Friday 17 July 2020

Life's ruff


The cat has lost his ruff again. I'm beginning to lose count, but I reckon that was his sixth since I started making him wear them less than a year ago. I don't know how he does it - on purpose or accidentally, using a tool or his paw - but it's getting a bit wearisome. Now I'll have to go and sew him another one. I actually just bought another length of fabric a few days ago for precisely this eventuality. Did he know, and want a change from the frankly insulting bird pattern of the most recent one - or is it just sneaky coincidence in operation again?
The purpose of the ruff is to make him more noticeable to the birds that I'm ashamed and frustrated to know he still hunts, being ex-feral. I first came across cats wearing ruffs in Reykjavik, and was more amused than anything to see what I assumed was Icelanders' preference for decorated cats - kind of fitted in with all the brightly-coloured buildings in the city. Later, I learned the true reason, and was converted.

Regular 😀 readers will be well aware, since I keep harping on about it, that I should at this very moment be in fabulous Iceland again, about to sail away to new-to-me Greenland, courtesy of also new-to-me luxury small-ship cruise line Seabourn. But instead, here I am stuck at home, being nagged for food by incontinent sparrows and doves outside my window, with nothing to look forward to. 

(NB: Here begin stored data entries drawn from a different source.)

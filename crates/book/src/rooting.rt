// Root: the builder's turn that adds the entries of the next root.
ghost use Rattle.std.specs.Prelude.{◌≡◌, Some, Err, MatchResult};
ghost use Rattle.theory.specs.Books.{View, Sound, root as root_call, built, taken_answer, taken_view, built_answer, root_refusal, progress, NothingFits};
ghost use Rattle.book.specs.Views.{view, Kept, Called, SameSlices};
ghost use Rattle.book.specs.Rooting.{NextRoot, PutIn, LeftOut};

use crate::book::Book;
use crate::phase::{Taken, advance};
use measures::Measure;
use roots::grow;
use theory::{Built, Phase, Progress, Refusal};

/// What a builder says of the book after its turn.
// No `From`: the type is of another crate, which holds no functions.
fn progress_of(done: bool) -> Progress
    ensures { result ≡ progress done }
{
    if done {
        Progress::Finished
    } else {
        Progress::Open
    }
}

impl<'r, 't, 's, 'w, 'm, M: Measure> Book<'r, 't, 's, 'w, 'm, M> {
    /// The next root, if the book is not finished and rounds are not under way.
    fn next_root(&self) -> Result<u16, Refusal>
        ensures { MatchResult result (λ root. Kept M.Measure.meaning self.now → NextRoot M.Measure.meaning (view self.now) root) (λ e. root_refusal M.Measure.meaning (view self.now) self.now.phase ≡ Some e) }
    {
        match self.phase {
            Phase::Open => Ok(0),
            Phase::Roots(done) => Ok(u16::try_from(done).unwrap_or(u16::MAX)),
            Phase::Rounds(_) => Err(Refusal::OtherBuilder),
            Phase::Finished => Err(Refusal::AlreadyFinished),
        }
    }

    /// Puts the entries of the root into the table; refuses if they do not find places.
    fn put_in(&mut self, root: u16) -> Result<(), Refusal>
        ensures answer { MatchResult result (λ _. Kept M.Measure.meaning self.old → NextRoot M.Measure.meaning (view self.old) root → PutIn M.Measure.meaning (view self.old) root self.new) (λ e. (e ≡ Refusal.WantOfPlaces) × (Kept M.Measure.meaning self.old → NextRoot M.Measure.meaning (view self.old) root → LeftOut M.Measure.meaning (view self.old) root self.new)) }
        ensures slices { SameSlices self.old self.new }
    {
        let sheets = self.sheets;
        let register = &self.register;
        let spare = &mut self.spare;
        let work = &mut self.work;
        let marks = &mut self.marks;
        grow(
            register.items(),
            &mut self.table,
            spare.cells,
            work.cells,
            marks.cells,
            root,
            sheets,
        )
        .map_err(|_| Refusal::WantOfPlaces)
    }

    /// Moves the phase on after the root, and answers how many roots are done and whether the book is finished.
    fn conclude(&mut self, root: u16) -> Built
        ensures concluded { (v : View M) → Sound M.Measure.meaning v → NextRoot M.Measure.meaning v root → PutIn M.Measure.meaning v root self.old → (built result.number result.progress ≡ taken_answer M.Measure.meaning v root_call) × (view self.new ≡ taken_view M.Measure.meaning v root_call) × Kept M.Measure.meaning self.new }
        ensures slices { SameSlices self.old self.new }
    {
        let number = u32::from(root) + 1;
        let progress = progress_of(number == u32::from(self.sheets));
        advance(&mut self.phase, Taken::Root(progress));
        Built { number, progress }
    }

    /// Builds the next root, from sheet 0 on: afterwards the table is every finished entry whose senior sheet is the root or lower.
    /// Answers how many roots are done and whether the book is finished.
    pub fn root(&mut self) -> Result<Built, Refusal>
        ensures called { Called M.Measure.meaning self.old root_call (built_answer result) self.new }
        ensures wanting { result ≡ Err Refusal.WantOfPlaces → Kept M.Measure.meaning self.old → NothingFits M.Measure.meaning (view self.old) }
        ensures slices { SameSlices self.old self.new }
    {
        let root = self.next_root()?;
        self.put_in(root)?;
        Ok(self.conclude(root))
    }
}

I suppose I should be grateful to Barney for giving me something to do...

3 comments:

the queen said...

I didn’t know ex-feral was a demographic in NZ. Wasn’t there an effort to eradicate feral cats? Did you have to rescue the cat from a murderous mob?

TravelSkite said...
This comment has been removed by the author.
TravelSkite said...

Feral cats are just one item on a dispiritingly long list that starts with possums and includes rats, stoats, weasels, ferrets, deer, tahr, hedgehogs, wallabies, goats and more, that were all introduced to NZ, all prey on our native species or eat the vegetation they need, and are all subject to ongoing eradication efforts, which so far have only fully succeeded on islands and in fenced reserves.

Barney was trapped and looked after by the SPCA until I adopted him. Other groups trap them, de-sex them and then release them again, which is just stupid. If I'd known Barney would retain so many of his wild habits, I wouldn't have taken him on. Despite the ruff and the bells, he still catches birds and I hate that about him.